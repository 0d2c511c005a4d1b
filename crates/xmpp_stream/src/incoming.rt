// What comes on a stream over its link.
ghost use Rattle.std.specs.Prelude.{◌≡◌, ◌≢◌, ◌≤◌, ◌++◌, [], ℕ, List, Option, Some, IfNone, IfOk, IfSome, OnErr, OnOk};
ghost use Rattle.std.specs.Io.KnownBytes.{Consumes, Keeps};
ghost use Rattle.bosh_ports.specs.Faults.{HasRisen};
ghost use Rattle.xmpp_stream.specs.Cut.{IsCut, Tells};
ghost use Rattle.xmpp_stream.specs.Wire.{Comes, IsRead, Stays, Steps, TakesAtLeast};

use crate::poll_link::PollLink;
use crate::stream_cutter::{StreamCutter, StreamItem};
use bosh_ports::Got;
use bosh_types::SharedText;
use std::alloc::{AllocError, Global};
use std::marker::Model;

// How many bytes are taken at once at most, and how many times in one poll.
const ROOM: usize = 8192;

const MOST_PIECES: u32 = 128;

/// What comes next on a stream over its link.
#[derive(Debug, Drop)]
pub enum Came {
    /// The next element, as it stands alone.
    Item(SharedText),
    /// The stream ended with its end tag; `error` says whether it told of an error before.
    Closed { error: bool },
    /// No stream goes on so, at what begins after this many bytes.
    Broken(u64),
    /// The link has nothing now.
    NotYet,
    /// 128 pieces were taken, and no element is whole.
    Busy,
    /// The link came to its end before the stream's.
    End,
    /// The link failed.
    Failed,
}

/// Takes what comes on a stream over a link that doesn't wait, and cuts it into its elements.
#[derive(Drop)]
pub struct Incoming {
    cutter: StreamCutter,
    room: Vec<u8>,
    waiting: usize,
}

impl Model for Incoming {
    ghost use Rattle.std.specs.Prelude.{◌<◌, ◌≤◌, take, vec_len};
    ghost use Rattle.xmpp_stream.specs.Wire.{Incoming};

    ghost Value = { Incoming };

    ghost view = { λ i. record { cutter = i.cutter; waiting = take i.waiting i.room.items } };

    ghost invariant = { λ i. (i.waiting ≤ vec_len i.room) × (0 < vec_len i.room) };
}

impl Incoming {
    /// Nothing was taken yet. The only error is want of memory.
    pub fn new(alloc: Global) -> Result<Incoming, AllocError>
        ensures { (start : Option (List ℕ)) → IfOk result (λ incoming. IsRead start start incoming []) }
    {
        let room = vec![in alloc; 0u8; ROOM]?;
        let cutter = StreamCutter::new(alloc);
        Ok(Incoming {
            cutter,
            room,
            waiting: 0,
        })
    }

    /// What comes next: of the bytes that were taken, or of those that the link has now. The only error is want of memory, after which
    /// the same comes next.
    pub fn poll<L: PollLink>(&mut self, link: &mut L) -> Result<Came, AllocError>
        ensures ok { (start : Option (List ℕ)) (elements : List (List ℕ)) → IsRead start (L.left link.old) self.old elements → IfOk result (λ came. Comes came start (L.left link.new) self.new elements) }
        ensures err { (start : Option (List ℕ)) (elements : List (List ℕ)) → IsRead start (L.left link.old) self.old elements → OnErr result (IsRead start (L.left link.new) self.new elements) }
        ensures given { Keeps (L.given link.old) (L.given link.new) }
        ensures failed { IfOk result (λ came. came ≡ Came.Failed → HasRisen (L.faults link.old) (L.faults link.new)) }
        ensures faults { L.faults link.old ≤ L.faults link.new }
        ensures never_falls { L.idle link.old ≤ L.idle link.new }
        ensures waits { IfOk result (λ came. came ≡ Came.NotYet → HasRisen (L.idle link.old) (L.idle link.new)) }
        ensures busy { IfOk result (λ came. came ≡ Came.Busy → TakesAtLeast 128 (L.left link.old) (L.left link.new)) }
    {
        for _ in 0..MOST_PIECES {
            match self.step(link)? {
                Some(came) => return Ok(came),
                None => {}
            }
        }
        Ok(Came::Busy)
    }

    // The next thing of what was taken; where there is none, one more piece is taken.
    fn step<L: PollLink>(&mut self, link: &mut L) -> Result<Option<Came>, AllocError>
        ensures ok { (start : Option (List ℕ)) (elements : List (List ℕ)) → IsRead start (L.left link.old) self.old elements → IfOk result (λ came. Steps came start (L.left link.new) self.new elements) }
        ensures err { (start : Option (List ℕ)) (elements : List (List ℕ)) → IsRead start (L.left link.old) self.old elements → OnErr result (IsRead start (L.left link.new) self.new elements) }
        ensures given { Keeps (L.given link.old) (L.given link.new) }
        ensures failed { IfOk result (λ came. came ≡ Some Came.Failed → HasRisen (L.faults link.old) (L.faults link.new)) }
        ensures faults { L.faults link.old ≤ L.faults link.new }
        ensures never_falls { L.idle link.old ≤ L.idle link.new }
        ensures waits { IfOk result (λ came. came ≡ Some Came.NotYet → HasRisen (L.idle link.old) (L.idle link.new)) }
        ensures still { IfOk result (λ came. IfNone came (L.idle link.new ≡ L.idle link.old)) }
        ensures more { IfOk result (λ came. IfNone came (TakesAtLeast 1 (L.left link.old) (L.left link.new))) }
        ensures unbusy { IfOk result (λ came. came ≢ Some Came.Busy) }
    {
        self.feed()?;
        match self.next()? {
            StreamItem::More => Ok(self.take(link)),
            StreamItem::Item(text) => Ok(Some(Came::Item(text))),
            StreamItem::Closed { error } => Ok(Some(Came::Closed { error })),
            StreamItem::Broken(place) => Ok(Some(Came::Broken(place))),
        }
    }

    fn next(&mut self) -> Result<StreamItem, AllocError>
        ensures ok { (fed : List ℕ) (elements : List (List ℕ)) → IsCut self.old.cutter fed elements → IfOk result (λ item. Tells item self.new.cutter fed elements) }
        ensures err { (fed : List ℕ) (elements : List (List ℕ)) → IsCut self.old.cutter fed elements → OnErr result (IsCut self.new.cutter fed elements) }
        ensures waiting { self.new.waiting ≡ self.old.waiting }
    {
        self.cutter.next()
    }

    // Feeds what was taken.
    fn feed(&mut self) -> Result<(), AllocError>
        ensures ok { (start left : Option (List ℕ)) (elements : List (List ℕ)) → IsRead start left self.old elements → OnOk result (IsRead start left self.new elements) }
        ensures waiting { OnOk result (self.new.waiting ≡ []) }
        ensures err { (start left : Option (List ℕ)) (elements : List (List ℕ)) → IsRead start left self.old elements → OnErr result (IsRead start left self.new elements) }
    {
        self.cutter.feed(&self.room[..self.waiting])?;
        self.waiting = 0;
        Ok(())
    }

    // Takes one more piece, or says why there is none.
    fn take<L: PollLink>(&mut self, link: &mut L) -> Option<Came>
        requires { self.old.waiting ≡ [] }
        ensures cutter { self.new.cutter ≡ self.old.cutter }
        ensures none { IfNone result (Consumes (L.left link.old) (L.left link.new) self.new.waiting) }
        ensures some { IfSome result (λ came. Stays came (L.left link.old) (L.left link.new) × (self.new.waiting ≡ [])) }
        ensures given { Keeps (L.given link.old) (L.given link.new) }
        ensures failed { result ≡ Some Came.Failed → HasRisen (L.faults link.old) (L.faults link.new) }
        ensures faults { L.faults link.old ≤ L.faults link.new }
        ensures never_falls { L.idle link.old ≤ L.idle link.new }
        ensures waits { result ≡ Some Came.NotYet → HasRisen (L.idle link.old) (L.idle link.new) }
        ensures still { IfNone result (L.idle link.new ≡ L.idle link.old) }
        ensures more { IfNone result (TakesAtLeast 1 (L.left link.old) (L.left link.new)) }
        ensures unbusy { result ≢ Some Came.Busy }
    {
        match link.try_take(&mut self.room) {
            None => Some(Came::NotYet),
            Some(Got::Bytes(count)) => {
                self.waiting = count;
                None
            }
            Some(Got::End) => Some(Came::End),
            Some(Got::Failed) => Some(Came::Failed),
        }
    }
}
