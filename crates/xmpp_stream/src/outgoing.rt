// What is owed on a stream to its link.
ghost use Rattle.std.specs.Prelude.{◌≡◌, ◌≢◌, ◌<◌, ◌≤◌, ◌++◌, ◌∷◌, [], ℕ, List, Option, None, Some, IfNone, IfOk, IfSome, OnErr, OnOk, drop, length, true, false};
ghost use Rattle.std.specs.Io.KnownBytes.{Keeps};
ghost use Rattle.bosh_ports.specs.Faults.{HasRisen};
ghost use Rattle.bosh_types.specs.declared.inward.Inward.{Inward};
ghost use Rattle.xmpp_stream.specs.Text.{end_tag, item_text};
ghost use Rattle.xmpp_stream.specs.Wire.{IsWritten};

use crate::kept::Kept;
use crate::poll_link::PollLink;
use crate::stream_text::{push_end, push_header, push_item};
use bosh_ports::Gave;
use bosh_types::{Inward, Text};
use std::alloc::{AllocError, Global};
use std::marker::Model;

/// What is owed on a stream to its link, which may have no room for it now: what the link was given, and after it what is owed, is
/// the text of what was passed.
#[derive(Drop)]
pub struct Outgoing {
    alloc: Global,
    to: Text,
    owed: Kept,
    is_closed: bool,
}

impl Model for Outgoing {
    ghost use Rattle.xmpp_stream.specs.Wire.{Outgoing};

    ghost Value = { Outgoing };

    ghost view = { λ o. record { to = o.to; owed = o.owed; closed = o.is_closed } };
}

/// What became of giving what is owed.
#[derive(Clone, Copy, Debug, PartialEq, Eq)]
pub enum Paid {
    /// Nothing is owed any more.
    All,
    /// The link has no room for the rest now.
    Waits,
    /// The link failed.
    Failed,
}

impl Outgoing {
    /// A stream to this host, whose header is owed. The only error is want of memory.
    pub fn new(alloc: Global, to: &[u8]) -> Result<Outgoing, AllocError>
        ensures written { (start : Option (List ℕ)) → IfOk result (λ outgoing. IsWritten start start outgoing []) }
        ensures to { IfOk result (λ outgoing. outgoing.to ≡ to.now) }
        ensures closed { IfOk result (λ outgoing. outgoing.closed ≡ false) }
    {
        let mut text = Vec::new(alloc);
        push_header(alloc, &mut text, to)?;
        let to = Text::from_vec(Vec::from_slice(alloc, to)?);
        Ok(Outgoing {
            alloc,
            to,
            owed: Kept::of(text),
            is_closed: false,
        })
    }

    /// Owes the text of an item, on a stream that isn't closed; on one that is, nothing. The only error is want of memory, after
    /// which all is as before.
    pub fn pass(&mut self, item: &Inward) -> Result<(), AllocError>
        ensures ok { (start given : Option (List ℕ)) (passed : List Inward) → IsWritten start given self.old passed → self.old.closed ≡ false → OnOk result (IsWritten start given self.new (passed ++ item.now ∷ [])) }
        ensures past { self.old.closed ≡ true → self.new ≡ self.old }
        ensures err { OnErr result (self.new ≡ self.old) }
        ensures others { self.new ≡ record self.old { owed = self.new.owed } }
    {
        if self.is_closed {
            return Ok(());
        }
        self.owe_item(item)?;
        Ok(())
    }

    fn owe_item(&mut self, item: &Inward) -> Result<(), AllocError>
        ensures ok { OnOk result (self.new ≡ record self.old { owed = self.old.owed ++ item_text self.old.to item.now }) }
        ensures err { OnErr result (self.new ≡ self.old) }
    {
        let mut text = Vec::new(self.alloc);
        push_item(self.alloc, &mut text, self.to.as_slice(), item)?;
        self.owed.push(text.as_slice())
    }

    /// Owes the end tag, unless it was owed before. The only error is want of memory, after which all is as before.
    pub fn close(&mut self) -> Result<(), AllocError>
        ensures ok { (start given : Option (List ℕ)) (passed : List Inward) → IsWritten start given self.old passed → OnOk result (IsWritten start given self.new passed) }
        ensures closed { OnOk result (self.new.closed ≡ true) }
        ensures err { OnErr result (self.new ≡ self.old) }
        ensures to { self.new.to ≡ self.old.to }
    {
        if self.is_closed {
            return Ok(());
        }
        self.owe_end()?;
        self.is_closed = true;
        Ok(())
    }

    fn owe_end(&mut self) -> Result<(), AllocError>
        ensures ok { OnOk result (self.new ≡ record self.old { owed = self.old.owed ++ end_tag }) }
        ensures err { OnErr result (self.new ≡ self.old) }
    {
        let mut text = Vec::new(self.alloc);
        push_end(&mut text)?;
        self.owed.push(text.as_slice())
    }

    /// Gives what is owed, as far as the link has room for it.
    pub fn give<L: PollLink>(&mut self, link: &mut L) -> Paid
        ensures written { (start : Option (List ℕ)) (passed : List Inward) → IsWritten start (L.given link.old) self.old passed → IsWritten start (L.given link.new) self.new passed }
        ensures all { result ≡ Paid.All → self.new.owed ≡ [] }
        ensures waits { result ≡ Paid.Waits → HasRisen (L.idle link.old) (L.idle link.new) }
        ensures failed { result ≡ Paid.Failed → HasRisen (L.faults link.old) (L.faults link.new) }
        ensures never_falls { (L.idle link.old ≤ L.idle link.new) × (L.faults link.old ≤ L.faults link.new) }
        ensures left { Keeps (L.left link.old) (L.left link.new) }
        ensures others { self.new ≡ record self.old { owed = self.new.owed } }
    {
        'pay: while self.owed() > 0 {
            match self.give_some(link) {
                Some(paid) => return paid,
                None => {}
            }
        }
        Paid::All
    }

    // Gives some of what is owed, or says why not.
    fn give_some<L: PollLink>(&mut self, link: &mut L) -> Option<Paid>
        requires { 0 < length self.old.owed }
        ensures written { (start : Option (List ℕ)) (passed : List Inward) → IsWritten start (L.given link.old) self.old passed → IsWritten start (L.given link.new) self.new passed }
        ensures less { IfNone result (length self.new.owed < length self.old.owed) }
        ensures idle { IfNone result (L.idle link.new ≡ L.idle link.old) }
        ensures faultless { IfNone result (L.faults link.new ≡ L.faults link.old) }
        ensures some { IfSome result (λ paid. paid ≢ Paid.All) }
        ensures waits { result ≡ Some Paid.Waits → HasRisen (L.idle link.old) (L.idle link.new) }
        ensures failed { result ≡ Some Paid.Failed → HasRisen (L.faults link.old) (L.faults link.new) }
        ensures never_falls { (L.idle link.old ≤ L.idle link.new) × (L.faults link.old ≤ L.faults link.new) }
        ensures left { Keeps (L.left link.old) (L.left link.new) }
        ensures others { self.new ≡ record self.old { owed = self.new.owed } }
    {
        match link.try_give(self.as_slice()) {
            None => Some(Paid::Waits),
            Some(gave) => match gave {
                Gave::Wrote(count) => {
                    self.skip(count);
                    None
                }
                Gave::Failed => Some(Paid::Failed),
            },
        }
    }

    fn as_slice(&self) -> &[u8]
        ensures { result.now ≡ self.now.owed }
    {
        self.owed.as_slice()
    }

    // So many bytes are owed no longer.
    fn skip(&mut self, count: usize)
        requires { count ≤ length self.old.owed }
        ensures { self.new ≡ record self.old { owed = drop count self.old.owed } }
    {
        self.owed.skip(count);
    }

    /// How many bytes are owed.
    pub fn owed(&self) -> usize
        ensures { result ≡ length self.now.owed }
    {
        self.owed.as_slice().len()
    }
}
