// What a directory is called and asked, and what it replies.
use crate::handle::SessionHandle;
use crate::opening::Opening;
use bosh_types::{Row, SharedText, Text};

/// A call of a directory.
#[derive(Drop)]
pub enum DirectoryCall {
    /// A session is opened, under the drawn part of a name and its opening number.
    Open(Opening),
    /// The live session of this name is asked for.
    Find { sid: Text },
    /// The live session of this name is live no longer.
    Remove { sid: Text },
}

/// A session that was opened, and the body that answers its creation.
#[derive(Drop)]
pub struct Opened {
    pub session: SessionHandle,
    pub answer: SharedText,
}

/// What a call is replied.
#[derive(Drop)]
pub enum DirectoryReply {
    Opened(Opened),
    /// As many sessions are live as may be.
    TableFull,
    /// As many sessions were opened as may be.
    OpeningsSpent,
    Found(SessionHandle),
    Removed,
    /// No live session has that name.
    Unknown,
}

/// What came of a creation, for a worker that keeps the handle of what it opened.
#[derive(Drop)]
pub enum NewSession {
    /// The session has this opening number, and this body answers its creation.
    Opened { number: u64, answer: SharedText },
    TableFull,
    OpeningsSpent,
}

/// What a directory is asked.
#[derive(Clone, Copy, Debug, PartialEq, Eq)]
pub enum Question {
    /// Which sessions are live.
    Live,
}

/// A live session, by its name and by how many sessions were opened up to it.
#[derive(Drop)]
pub struct LiveSession {
    pub sid: SharedText,
    pub number: u64,
}

/// Live sessions in the order in which they were opened.
pub type LiveSessions = Row<LiveSession>;
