ghost use Rattle.std.specs.Prelude.{◌≡◌, ℕ, Contains, List};
ghost use Rattle.session_table.specs.declared.calls.LiveSession.{LiveSession};
ghost use Rattle.session_table.specs.declared.entry.Entry.{Entry};
ghost use Rattle.session_table.specs.History.{IsLegal, openings_of};
ghost use Rattle.session_table.specs.Purses.{IsNumberOf};
ghost use Rattle.session_table.specs.Replies.{live_sessions};
ghost use Rattle.session_table.specs.Sessions.{OpenedSession};

/// The names of sessions differ: in whatever was seen of a directory, two sessions of one name are one session.
pub fn names_differ()
    ensures { (log : List Entry) → IsLegal log → (x y : OpenedSession) → Contains (openings_of log) x → Contains (openings_of log) y → x.sid ≡ y.sid → x ≡ y }
{}

/// The directory tells a live session under the number that its name has: whoever finds it by its name finds that number.
pub fn live_sessions_are_told_by_number()
    ensures { (log : List Entry) → IsLegal log → (session : LiveSession) → Contains (live_sessions log) session → (number : ℕ) → IsNumberOf session.sid number → number ≡ session.number }
{}
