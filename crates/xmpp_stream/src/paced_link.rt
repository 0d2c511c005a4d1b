// A link that has nothing at listed calls.
ghost use Rattle.std.specs.Prelude.{◌≡◌, ◌↔◌, Contains, IsTrue};
ghost use Rattle.bosh_ports.specs.Memory.{counted_up};

use crate::poll_link::PollLink;
use bosh_ports::{Gave, Got, Link};

/// A link that is asked, over one that would wait. Its calls that give or take without waiting are counted together, from 1, and
/// those whose numbers are listed have nothing now; the others are the other link's.
#[derive(Drop)]
pub struct PacedLink<L: Link + Drop> {
    pub link: L,
    pub pauses: Vec<u64>,
    pub calls: u64,
    pub idle: u64,
}

// One more, where the type has it.
fn counted_up(count: u64) -> u64
    ensures { result ≡ counted_up count }
{
    count.saturating_add(1)
}

impl<L: Link + Drop> PacedLink<L> {
    /// No call was made yet. It takes no memory.
    pub fn new(link: L, pauses: Vec<u64>) -> PacedLink<L>
        ensures link { result.link ≡ link }
        ensures pauses { result.pauses ≡ pauses }
        ensures calls { result.calls ≡ 0 }
        ensures idle { result.idle ≡ 0 }
    {
        PacedLink {
            link,
            pauses,
            calls: 0,
            idle: 0,
        }
    }

    // Counts a call, and says whether it has nothing.
    fn pauses(&mut self) -> bool
        ensures listed { IsTrue result ↔ (Contains self.old.pauses.items (counted_up self.old.calls)) }
        ensures calls { self.new ≡ record self.old { calls = counted_up self.old.calls } }
    {
        self.calls = counted_up(self.calls);
        self.pauses.contains(&self.calls)
    }
}

impl<L: Link + Drop> Link for PacedLink<L> {
    ghost left = { λ l. L.left l.link };

    ghost given = { λ l. L.given l.link };

    ghost closed = { λ l. L.closed l.link };

    ghost faults = { λ l. L.faults l.link };

    fn take(&mut self, into: &mut [u8]) -> Got {
        self.link.take(into)
    }

    fn give(&mut self, bytes: &[u8]) -> Gave {
        self.link.give(bytes)
    }

    fn close(&mut self) {
        self.link.close();
    }
}

impl<L: Link + Drop> PollLink for PacedLink<L> {
    ghost idle = { λ l. l.idle };

    fn try_take(&mut self, into: &mut [u8]) -> Option<Got> {
        if self.pauses() {
            self.idle = counted_up(self.idle);
            return None;
        }
        Some(self.link.take(into))
    }

    fn try_give(&mut self, bytes: &[u8]) -> Option<Gave> {
        if self.pauses() {
            self.idle = counted_up(self.idle);
            return None;
        }
        Some(self.link.give(bytes))
    }

    fn finish(&mut self) {}
}
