// A directory behind a gate: many threads open, find and remove sessions, and each is told what one thread would be told.
use crate::calls::{DirectoryCall, DirectoryReply, LiveSessions, Question};
use crate::directory::Directory;
use crate::entry::Entry;
use parked_gate::Object;
use std::alloc::AllocError;
use std::convert::Infallible;

/// A call and a question may find no memory. Nothing is waited for.
impl Object for Directory {
    ghost use Rattle.session_table.specs.Replies.{Answers, IsCallable, RepliesTo};
    ghost use Rattle.session_table.specs.History.{IsLegal};

    type Call = DirectoryCall;

    type Reply = Result<DirectoryReply, AllocError>;

    type Ask = ();

    type Found = Infallible;

    type Question = Question;

    type Answer = Result<LiveSessions, AllocError>;

    type Entry = Entry;

    ghost history = { λ directory. directory };

    ghost caller_of = { λ e. e.caller };

    ghost is_legal = { IsLegal };

    ghost may = { IsCallable };

    ghost replies = { RepliesTo };

    ghost lacks = { λ _ _. Unit {0} };

    ghost finds = { λ _ _ _ _. ⊥ };

    ghost answers = { Answers };

    fn step(&mut self, caller: u32, call: DirectoryCall) -> Result<DirectoryReply, AllocError> {
        match call {
            DirectoryCall::Open(opening) => self.open(caller, &opening),
            DirectoryCall::Find { sid } => {
                let found = self.find(sid.as_slice())?;
                match found {
                    Some(session) => Ok(DirectoryReply::Found(session)),
                    None => Ok(DirectoryReply::Unknown),
                }
            }
            DirectoryCall::Remove { sid } => {
                let removed = self.remove(caller, sid.as_slice())?;
                if removed {
                    Ok(DirectoryReply::Removed)
                } else {
                    Ok(DirectoryReply::Unknown)
                }
            }
        }
    }

    fn poll(&mut self, _caller: u32, _ask: ()) -> Option<Infallible> {
        None
    }

    fn look(&self, question: &Question) -> Result<LiveSessions, AllocError> {
        match question {
            Question::Live => self.live(),
        }
    }

    fn count(&self) -> u64 {
        Directory::count(self)
    }
}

* _GOAL OF THE EXERCISE_
Quote the data above from the line containing "use bosh_ports::Gave;" to the line containing "self.old.closed ≡ true", inclusive, and stop.

* _TASK SOLUTION_
use bosh_ports::Gave;
use bosh_types::{Inward, Text};
use std::alloc::{AllocError, Global};
use std::marker::Model;

/// What is owed on a stream to its link, which may have no room for it now: what the link was given, and after it what is owed, is
/// the text of what was passed.
#[derive(Drop)]
pub struct Outgoing {
    alloc: Global,
    to: Text,
    owed: Kept,
    is_closed: bool,
}

impl Model for Outgoing {
    ghost use Rattle.xmpp_stream.specs.Wire.{Outgoing};

    ghost Value = { Outgoing };

    ghost view = { λ o. record { to = o.to; owed = o.owed; closed = o.is_closed } };
}

/// What became of giving what is owed.
#[derive(Clone, Copy, Debug, PartialEq, Eq)]
pub enum Paid {
    /// Nothing is owed any more.
    All,
    /// The link has no room for the rest now.
    Waits,
    /// The link failed.
    Failed,
}

impl Outgoing {
    /// A stream to this host, whose header is owed. The only error is want of memory.
    pub fn new(alloc: Global, to: &[u8]) -> Result<Outgoing, AllocError>
        ensures written { (start : Option (List ℕ)) → IfOk result (λ outgoing. IsWritten start start outgoing []) }
        ensures to { IfOk result (λ outgoing. outgoing.to ≡ to.now) }
        ensures closed { IfOk result (λ outgoing. outgoing.closed ≡ false) }
    {
        let mut text = Vec::new(alloc);
        push_header(alloc, &mut text, to)?;
        let to = Text::from_vec(Vec::from_slice(alloc, to)?);
        Ok(Outgoing {
            alloc,
            to,
            owed: Kept::of(text),
            is_closed: false,
        })
    }

    /// Owes the text of an item, on a stream that isn't closed; on one that is, nothing. The only error is want of memory, after
    /// which all is as before.
    pub fn pass(&mut self, item: &Inward) -> Result<(), AllocError>
        ensures ok { (start given : Option (List ℕ)) (passed : List Inward) → IsWritten start given self.old passed → self.old.closed ≡ false → OnOk result (IsWritten start given self.new (passed ++ item.now ∷ [])) }
        ensures past { self.old.closed ≡ true → self.new ≡ self.old }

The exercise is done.